■ Problem: List all lines of the data containing the word "derive".

■ Supplied data:
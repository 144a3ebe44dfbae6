//! Digits in the bytes of a 64-bit word, the first byte lowest. Serves `digits_at_front`; decided by `digits_value`.
ghost use Rattle.std.specs.Prelude.{◌≡◌, ℕ, ◌-◌, ◌*◌, ◌%◌, ◌^◌, ◌<◌, List, map, take};
ghost use Rattle.std.specs.List.{prefix_len};
ghost use Rattle.std.specs.Char.{is_ascii_digit};
ghost use Rattle.std.specs.Str.Parse.{digits_value};
ghost use Rattle.std.specs.Int.Digits.{number_from_digits};
ghost use Rattle.std.specs.Simd.Lanes.{number_l};
ghost use Rattle.decimal_text.specs.inside.Words.{IsEight, flag_from_ten};

/// The number that the digits at the front of these bytes spell, and how many digits there are.
pub fn digits_of_eight(bytes: &[u8; 8]) -> (u32, usize)
    ensures count { result.1 ≡ prefix_len is_ascii_digit bytes.now }
    ensures value { result.0 ≡ digits_value 10 (take result.1 bytes.now) }
    ensures small { result.0 < 100_000_000 }
{
    let lanes = u64::from_le_bytes(*bytes) ^ 0x3030_3030_3030_3030;
    let others = flags_from_ten(lanes);
    if others == 0 {
        return (value_of_eight(lanes), 8);
    }
    let count = others.trailing_zeros() / 8;
    (value_of_eight(keep_first(lanes, count)), count as usize)
}

// The high bit of each byte that is 10 or more. No sum carries into the next byte.
fn flags_from_ten(word: u64) -> u64
    ensures { (xs : List ℕ) → IsEight 256 xs → word ≡ number_l 256 xs
        → result ≡ number_l 256 (map flag_from_ten xs) }
{
    ((word & 0x7f7f_7f7f_7f7f_7f7f) + 0x7676_7676_7676_7676 | word) & 0x8080_8080_8080_8080
}

// The word with its first `count` bytes moved to the top.
fn keep_first(word: u64, count: u32) -> u64
    requires { count < 8 }
    ensures { result ≡ word * 256 ^ (8 - count) % 2 ^ 64 }
{
    // Two shifts, since a shift by 64 is not defined.
    word << (56 - 8 * count) << 8
}

// The number that eight digits spell, the first of them in the lowest byte.
fn value_of_eight(word: u64) -> u32
    ensures { (ds : List ℕ) → IsEight 10 ds → word ≡ number_l 256 ds
        → result ≡ number_from_digits 10 ds }
{
    let pairs = word.wrapping_mul(10).wrapping_add(word >> 8);
    let first = (pairs & 0x0000_00ff_0000_00ff).wrapping_mul(100 + (1_000_000 << 32));
    let second = ((pairs >> 16) & 0x0000_00ff_0000_00ff).wrapping_mul(1 + (10_000 << 32));
    (first.wrapping_add(second) >> 32) as u32
}
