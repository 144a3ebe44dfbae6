//! Numbers read from a slice, and written to the end of a buffer.
ghost use Rattle.std.specs.Prelude.{◌≡◌, ◌^◌, ◌<◌, ◌≤◌, ◌++◌, true, false, IfOk, OnOk, OnErr, MatchOption, length};
ghost use Rattle.std.specs.List.{list_all};
ghost use Rattle.std.specs.Char.{is_ascii_digit};
ghost use Rattle.std.specs.Str.Parse.{digits_value, starts_with_minus};
ghost use Rattle.decimal_text.specs.Number.{has_leading_zero, is_unsigned, unsigned_within, signed_within, decimal, signed_decimal};

use itoa::Buffer;
use plain_list::List;
use std::alloc::AllocError;
use thiserror::Error;

/// Why a text is not a number in the range.
#[derive(Clone, Copy, Debug, PartialEq, Eq, Error)]
pub enum NumberFault {
    #[error("bad number")]
    Misspelt,
    #[error("out of range")]
    OutOfRange,
}

const MAX_DIGITS: usize = 20;

/// The unsigned number that the whole text spells, if it is at most `most`.
pub fn parse_unsigned(text: &[u8], most: u64) -> Result<u64, NumberFault>
    ensures value { result ≡ unsigned_within most text.now }
    ensures range { IfOk result (λ n. n ≤ most) }
{
    match value_of(text) {
        None => Err(NumberFault::Misspelt),
        Some(value) => {
            if value <= most as u128 {
                Ok(value as u64)
            } else {
                Err(NumberFault::OutOfRange)
            }
        }
    }
}

/// The signed number that the whole text spells, if it is in `-most..=most`.
pub fn parse_signed(text: &[u8], most: u32) -> Result<i32, NumberFault>
    requires { most < 2 ^ 31 }
    ensures value { result ≡ signed_within most text.now }
{
    let is_negative = starts_with_minus(text);
    let digits = &text[usize::from(is_negative)..];
    let magnitude = parse_unsigned(digits, most as u64)? as i32;
    Ok(if is_negative { -magnitude } else { magnitude })
}

/// Whether the first of several digits is a 0.
pub fn has_leading_zero(digits: &[u8]) -> bool
    ensures { result ≡ has_leading_zero digits.now }
{
    matches!(digits, [b'0', _, ..])
}

pub(crate) fn starts_with_minus(text: &[u8]) -> bool
    ensures { result ≡ starts_with_minus text.now }
{
    !text.is_empty() && text[0] == b'-'
}

/// The number that at most 19 digits spell.
fn narrow_value(text: &[u8]) -> Option<u64>
    requires { length text.now ≤ 19 }
    ensures { MatchOption result (list_all is_ascii_digit text.now ≡ false)
        (λ n. (list_all is_ascii_digit text.now ≡ true) × (n ≡ digits_value 10 text.now)) }
{
    let mut value: u64 = 0;
    for byte in text {
        if !byte.is_ascii_digit() {
            return None;
        }
        value = value * 10 + u64::from(*byte - b'0');
    }
    Some(value)
}

/// The number that 1 to 20 digits spell. 20 digits do not fit 64 bits, so the last digit is added in
/// 128 bits.
fn value_of(text: &[u8]) -> Option<u128>
    ensures { MatchOption result (is_unsigned text.now ≡ false)
        (λ n. (is_unsigned text.now ≡ true) × (n ≡ digits_value 10 text.now)) }
{
    if text.len() < MAX_DIGITS {
        if text.is_empty() {
            return None;
        }
        return Some(u128::from(narrow_value(text)?));
    }
    let [head @ .., last] = text else {
        return None;
    };
    if text.len() > MAX_DIGITS || !last.is_ascii_digit() {
        return None;
    }
    Some(u128::from(narrow_value(head)?) * 10 + u128::from(*last - b'0'))
}

/// Appends the digits of the number.
pub fn write_unsigned(n: u64, into: &mut List<u8>) -> Result<(), AllocError>
    ensures ok { OnOk result (into.new ≡ into.old ++ decimal n) }
    ensures err { OnErr result (into.new ≡ into.old) }
{
    into.extend_from_slice(Buffer::new().format(n).as_bytes())
}

/// Appends the digits of the number, after a `-` if it is negative.
pub fn write_signed(number: i32, into: &mut List<u8>) -> Result<(), AllocError>
    ensures ok { OnOk result (into.new ≡ into.old ++ signed_decimal number) }
    ensures err { OnErr result (into.new ≡ into.old) }
{
    into.extend_from_slice(Buffer::new().format(number).as_bytes())
}
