//! How numbers are spelt in text: one rule for the network file, the trace file, the command line and
//! all output.
//!
//! An unsigned number is 1 to 20 decimal digits, leading zeros allowed; a signed number is the same
//! with an optional leading `-`. Any other spelling is misspelt, and a value outside the caller's
//! range is out of range. Numbers are written without leading zeros.
//!
//! [`parse_unsigned`] and [`parse_signed`] read a number from a slice, [`write_unsigned`] and
//! [`write_signed`] append one to a buffer, [`write_worded`] appends one after a word, and [`trim`]
//! strips the blanks at both ends of a field.
//! [`digits_at_front`] and [`signed_at_front`] read a short number at the front of a text, eight
//! digits at a time.
//! Read the clause of `parse_unsigned` first.
#![tactic(auto)]

mod blank;
mod front;
mod laws_of_numbers;
mod number;
mod worded;
mod words;

pub use blank::{is_blank, trim};
pub use front::{digits_at_front, signed_at_front};
pub use laws_of_numbers::{
    signed_has_one_spelling, signed_reads_back, unsigned_has_one_spelling, unsigned_reads_back,
};
pub use number::{
    NumberFault, has_leading_zero, parse_signed, parse_unsigned, write_signed, write_unsigned,
};
pub use worded::{put_worded, write_worded};
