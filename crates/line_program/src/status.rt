//! How a program ends.
ghost use Rattle.std.specs.Prelude.{◌≡◌};
ghost use Rattle.line_program.specs.Outcome.{code_of};

/// How a program ends.
#[derive(Clone, Copy, PartialEq, Eq)]
pub enum Status {
    /// All lines were answered.
    Done,
    /// A line is none.
    BadLine,
    /// The words of the command are none.
    BadWords,
    /// The source failed.
    SourceFailed,
    /// The sink failed.
    SinkFailed,
    /// Memory ran out.
    NoMemory,
    /// A line or the input is past its limit.
    TooLarge,
}

impl Status {
    /// The exit status.
    pub fn code(self) -> u8
        ensures { result ≡ code_of self }
    {
        match self {
            Status::Done => 0,
            Status::BadLine => 1,
            Status::BadWords => 2,
            Status::SourceFailed => 3,
            Status::SinkFailed => 4,
            Status::NoMemory => 5,
            Status::TooLarge => 6,
        }
    }
}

■ Response below:
#[derive(Clone, Copy, Debug, PartialEq, Eq, Error)]
#[derive(Clone, Copy, PartialEq, Eq)]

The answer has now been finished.